* _Task to complete_
Keep only those lines of the records that include the string "Rattle".

* _Given records_
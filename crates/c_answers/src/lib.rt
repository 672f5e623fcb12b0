// The answers as C sees them: structs of numbers, for kinds and faults too, since C has no enums that hold values. `specs/Answer` says
// which number stands for which case.
#![tactic(auto)]

ghost use Rattle.std.specs.Prelude.{◌≡◌};
ghost use Rattle.c_answers.specs.Answer.{item_answer, found_answer, shown_item, refused_item, conversion_answer, decoding_answer};

use reader::Step;
use types::{Counts, Item, Refusal};

#[repr(C)]
#[derive(Clone, Copy)]
pub struct JkItem {
    pub kind: u32,
    pub fault: u32,
    pub value: u32,
    pub offset: u64,
    pub length: u64,
}

impl From<Result<Step, Refusal>> for JkItem {
    ghost from_gives = { λ step r. r ≡ item_answer step };

    fn from(step: Result<Step, Refusal>) -> JkItem {
        match step {
            Ok(Step::End(at)) => JkItem {
                kind: 0,
                fault: 0,
                value: 0,
                offset: at.offset as u64,
                length: 0,
            },
            Ok(Step::Next(item, _)) => shown_item(item),
            Err(refusal) => refused_item(refusal),
        }
    }
}

impl From<Result<Item, Refusal>> for JkItem {
    ghost from_gives = { λ found r. r ≡ found_answer found };

    fn from(found: Result<Item, Refusal>) -> JkItem {
        match found {
            Ok(item) => shown_item(item),
            Err(refusal) => refused_item(refusal),
        }
    }
}

fn shown_item(item: Item) -> JkItem
    ensures { result ≡ shown_item item }
{
    match item {
        Item::Character(value, span) => JkItem {
            kind: 1,
            fault: 0,
            value,
            offset: span.offset as u64,
            length: span.length as u64,
        },
        Item::Mark(fault, span) => JkItem {
            kind: 2,
            fault: answers::number(fault),
            value: 0,
            offset: span.offset as u64,
            length: span.length as u64,
        },
    }
}

fn refused_item(refusal: Refusal) -> JkItem
    ensures { result ≡ refused_item refusal }
{
    JkItem {
        kind: 3,
        fault: answers::number(refusal.fault),
        value: 0,
        offset: refusal.offset as u64,
        length: 0,
    }
}

#[repr(C)]
#[derive(Clone, Copy)]
pub struct JkConversion {
    pub fault: u32,
    pub offset: u64,
    pub units: u64,
}

impl From<Result<usize, Refusal>> for JkConversion {
    ghost from_gives = { λ conversion r. r ≡ conversion_answer conversion };

    fn from(conversion: Result<usize, Refusal>) -> JkConversion {
        match conversion {
            Ok(units) => JkConversion {
                fault: 0,
                offset: 0,
                units: units as u64,
            },
            Err(refusal) => JkConversion {
                fault: answers::number(refusal.fault),
                offset: refusal.offset as u64,
                units: 0,
            },
        }
    }
}

#[repr(C)]
#[derive(Clone, Copy)]
pub struct JkDecoding {
    pub fault: u32,
    pub offset: u64,
    pub items: u64,
    pub marks: u64,
}

impl From<Result<Counts, Refusal>> for JkDecoding {
    ghost from_gives = { λ decoding r. r ≡ decoding_answer decoding };

    fn from(decoding: Result<Counts, Refusal>) -> JkDecoding {
        match decoding {
            Ok(counts) => JkDecoding {
                fault: 0,
                offset: 0,
                items: counts.items as u64,
                marks: counts.marks as u64,
            },
            Err(refusal) => JkDecoding {
                fault: answers::number(refusal.fault),
                offset: refusal.offset as u64,
                items: 0,
                marks: 0,
            },
        }
    }
}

* _Exercise solution_
ghost use Rattle.std.specs.Prelude.{◌≡◌};
ghost use Rattle.c_answers.specs.Answer.{item_answer, found_answer, shown_item, refused_item, conversion_answer, decoding_answer};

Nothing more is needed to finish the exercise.